Quantifying Model Complexity via Functional Decomposition for Better Post-Hoc Interpretability
This work addresses the challenge of improving interpretability for complex machine learning models, which is crucial for users in fields requiring transparent AI, but it is incremental as it builds on existing functional decomposition and optimization methods.
The paper tackled the problem of misleading and verbose results from post-hoc interpretation methods when applied to overly complex models, particularly concerning feature interactions, by proposing model-agnostic complexity measures based on functional decomposition. The result showed that models minimizing these measures lead to more reliable and compact interpretations, with a demonstration in a multi-objective optimization approach that simultaneously reduces loss and complexity.

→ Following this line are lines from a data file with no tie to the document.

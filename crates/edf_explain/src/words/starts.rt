//! Where an export starts.

/// By how much, when it starts, and when it is claimed to.
pub(crate) const STARTS_EARLIER: &str =
    "The export starts {0} earlier than claimed: its first samples are at {1}, and by the claim they should be at {2}.";

pub(crate) const STARTS_LATER: &str =
    "The export starts {0} later than claimed: its first samples are at {1}, and by the claim they should be at {2}.";

pub(crate) const SHIFT_FORGOTTEN: &str =
    "It starts as if nothing had been moved: it looks like the shift of the claim was forgotten in the export, or isn't meant. The date of the recording may then be the true one, and the export doesn't go out before that is settled.";

pub(crate) const SHIFT_TURNED: &str =
    "It starts as if it had been moved the other way: it looks like the sign of the shift was reversed, in the export or in the claim.";

pub(crate) const NO_SHIFT_FITS: &str =
    "No shift lets it start as claimed, as a shift is whole seconds. Where the original starts inside a second, its first data record says so, and so does that of an export: some software leaves this fraction out.";

/// The most seconds.
pub(crate) const SHIFT_BEYOND: &str =
    "No shift lets it start as claimed, as a shift is at most {0} s either way.";

pub(crate) const NOTHING_KEPT: &str =
    "The claim keeps no sample of the original: its intervals lie after the end of the recording, in a gap, or before its first data record. They count seconds from the original's start.";

pub(crate) const KEPT_BETWEEN: &str =
    "The claim keeps no sample of the original: an interval, or a part of it, lies in a data record, and no sample of a claimed channel stands there, for instance between two samples. An interval keeps what stands at its beginning, and not what stands at its end.";
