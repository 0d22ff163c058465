//! Samples. The label is the first thing, how many there are the second.

/// A time in seconds, by the clock of the original, and by that of the export.
pub(crate) const AT: &str = "at {0} ({1} in the original, {2} in the export)";

pub(crate) const OTHER_RATE: &str =
    "Channel {0} has another number of samples a second in the export: it looks like it was resampled, or is another channel with this label. Neither is a cut of the original.";

pub(crate) const SAMPLE_MISSING: &str =
    "Channel {0}: 1 sample that the claim keeps is missing in the export.";

pub(crate) const SAMPLES_MISSING: &str =
    "Channel {0}: {1} samples that the claim keeps are missing in the export.";

pub(crate) const SAMPLE_EXTRA: &str =
    "Channel {0}: 1 sample of the export is one that the claim doesn't keep, or the original doesn't have.";

pub(crate) const SAMPLES_EXTRA: &str =
    "Channel {0}: {1} samples of the export are ones that the claim doesn't keep, or the original doesn't have.";

pub(crate) const SAMPLE_CHANGED: &str = "Channel {0}: 1 sample has another value in the export.";

pub(crate) const SAMPLES_CHANGED: &str =
    "Channel {0}: {1} samples have another value in the export.";

pub(crate) const THE_SAMPLE: &str = "  It is ";

pub(crate) const THE_FIRST: &str = "  The first is ";

pub(crate) const THE_LAST: &str = "  The last is ";

pub(crate) const RECORD_OF_ORIGINAL: &str = ", data record {0} of the original";

pub(crate) const RECORD_OF_EXPORT: &str = ", data record {0} of the export";

pub(crate) const VALUES: &str = ": {0} in the original, {1} in the export";

pub(crate) const CAUSE_OF_MISSING: &str =
    "Samples are missing where the export begins too late, ends too early, has a gap, has fewer samples a second, or is moved by another time than claimed: compare the intervals and the shift of the claim with what was exported.";

pub(crate) const CAUSE_OF_EXTRA: &str =
    "There are too many samples where the export begins too early, ends too late, has more samples a second, or is moved by another time than claimed.";

pub(crate) const CAUSE_OF_CHANGED: &str =
    "It looks like a filter, a new scale or a mistake in copying: none of these is a cut of the original.";

/// How many samples have other values, of how many that both files have.
pub(crate) const CAUSE_OF_ALL_CHANGED: &str =
    "Nearly all samples have other values in each of the channels, {0} of the {1} that both files have at the same time: it looks like another cut of the night than claimed, or another night. A filter or a new scale of all channels would do so, too, and is no cut of the original.";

Post-hoc model-agnostic interpretation methods such as partial dependence plots can be employed to interpret complex machine learning models. While these interpretation methods can be applied regardless of model complexity, they can produce misleading and verbose results if the model is too complex, especially w.r.t. feature interactions. To quantify the complexity of arbitrary machine learning models, we propose model-agnostic complexity measures based on functional decomposition: number of features used, interaction strength and main effect complexity. We show that post-hoc interpretation of models that minimize the three measures is more reliable and compact. Furthermore, we demonstrate the application of these measures in a multi-objective optimization approach which simultaneously minimizes loss and complexity.